Re: General questions

Posted by Jonathon -- Improov <jo...@improov.com>.
Andrew,

You're right. I've seen too many refactors and manhours wasted. But don't you often wish you had 
programmers who could hit the ground sprinting? I guess I do have this problem of telling 
everybody "you can do it, in minutes".

I think all newbies should at least try to get the ML's help to review methods before proceeding 
(like I did).

Be it bottom-up or top-down learning of OFBiz, I still say OFBiz is easy to pick up. And once we 
do, we'd wonder how to get on without it.
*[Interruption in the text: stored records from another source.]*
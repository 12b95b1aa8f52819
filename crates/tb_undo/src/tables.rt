//! The joined tables of a history. They hold no program and no events.

ghost use Rattle.std.specs.Prelude.{◌≡◌, ◌<◌, ◌≤◌, ◌-◌, ◌↔◌, IsTrue, [], ◌∷◌, OnOk, OnErr, IfOk, IsOk, Some, None, drop, length, true, false, if◌then◌else◌, option_map};
ghost use Rattle.tb_model.specs.Facts.{is_print};
ghost use Rattle.tb_wait.specs.Kin.{HasRoomFor as HasRoomForChild, KeepsNames, IsNext, IsLast, Adds, Drops, Changes, with_over};
ghost use Rattle.tb_ready.specs.Tasks.{mark_of, with_name, without_name, with_mark};
ghost use Rattle.tb_undo.specs.Tasks.{Task, row, task, HasChildRoomIn, fresh_task, register_by, register_over, IsRegister};
ghost use Rattle.tb_undo.specs.Places.{HasPlaceOrRoom};
ghost use Rattle.tb_undo.specs.Sets.{Reserves, IsLinked, HasSetRoom, Sets, Comes, Goes, number_of};
ghost use Rattle.tb_undo.specs.State.{IsState};
ghost use Rattle.tb_undo.specs.Steps.{IsAhead, IsBehind, IsRecord, Stands, IsWithout};
ghost use Rattle.tb_undo.specs.Changes.{IsRest, KeepsRoom, HasFamilyRoom, Changed, ChangedTasks, ChangedBack, Acted, ActedBack, AreSame, HasRoomFor, HasTaskRoomFor, HasSpawnRoom, CanChange, CanChangeTasks, CanChangeBack, replaced_in, cell_over, IsCell, cells_by, output_by, cells_back, output_back};

use crate::copies::Copies;
use crate::row::Row;
use crate::rows;
use std::alloc::{AllocError, Global};
use std::marker::Model;
use tb_model::{Action, Event, Item, TaskName};
use tb_ready::Ready;
use tb_store::{Replaced, Store};
use tb_wait::Wait;

/// The state that a history leaves: the cells and the output, who waits for whom, which tasks
/// haven't ended, and of each task where it is and its children by their items.
#[derive(Drop)]
pub struct Tables {
    pub(crate) alloc: Global,
    pub(crate) store: Store,
    pub(crate) waits: Wait,
    pub(crate) marks: Ready,
    // a task's row at the index of its name in `waits`, and none there while its spawn is undone
    pub(crate) rows: Vec<Option<Row>>,
    // where the row of the task that took the last step is, so looked for first
    pub(crate) near: usize,
    pub(crate) copies: Option<Copies>,
}

impl Model for Tables {
    ghost use Rattle.std.specs.Prelude.{◌-◌, length, vec_capacity, option_map};
    ghost use Rattle.tb_undo.specs.declared.copies.Copies.{Copies as TheCopies};
    ghost use Rattle.tb_undo.specs.Places.{AreInPlace, rows_in};
    ghost use Rattle.tb_undo.specs.State.{Seen};

    ghost Value = { Seen };

    ghost view = { λ t. record { store = t.store; waits = t.waits; marks = t.marks; rows = rows_in t.rows.items; row_room = vec_capacity t.rows - length t.rows.items; copied = option_map (λ (c : TheCopies). c.of_holders) t.copies } };

    ghost invariant = { λ t. AreInPlace t.waits.tasks t.rows.items };
}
I guess, in general (to answer the "General Questions"), there really is a point to learn OFBiz, 
whether it's tough or easy to learn. David wrote somewhere that OFBiz does try to use open source 
tools whenever feasible. OFBiz framework is a feasible tool, far as I can tell. (There ARE great 
tools out there that a quite infeasible, at least in some situations.)

And now, other less important/general stuff.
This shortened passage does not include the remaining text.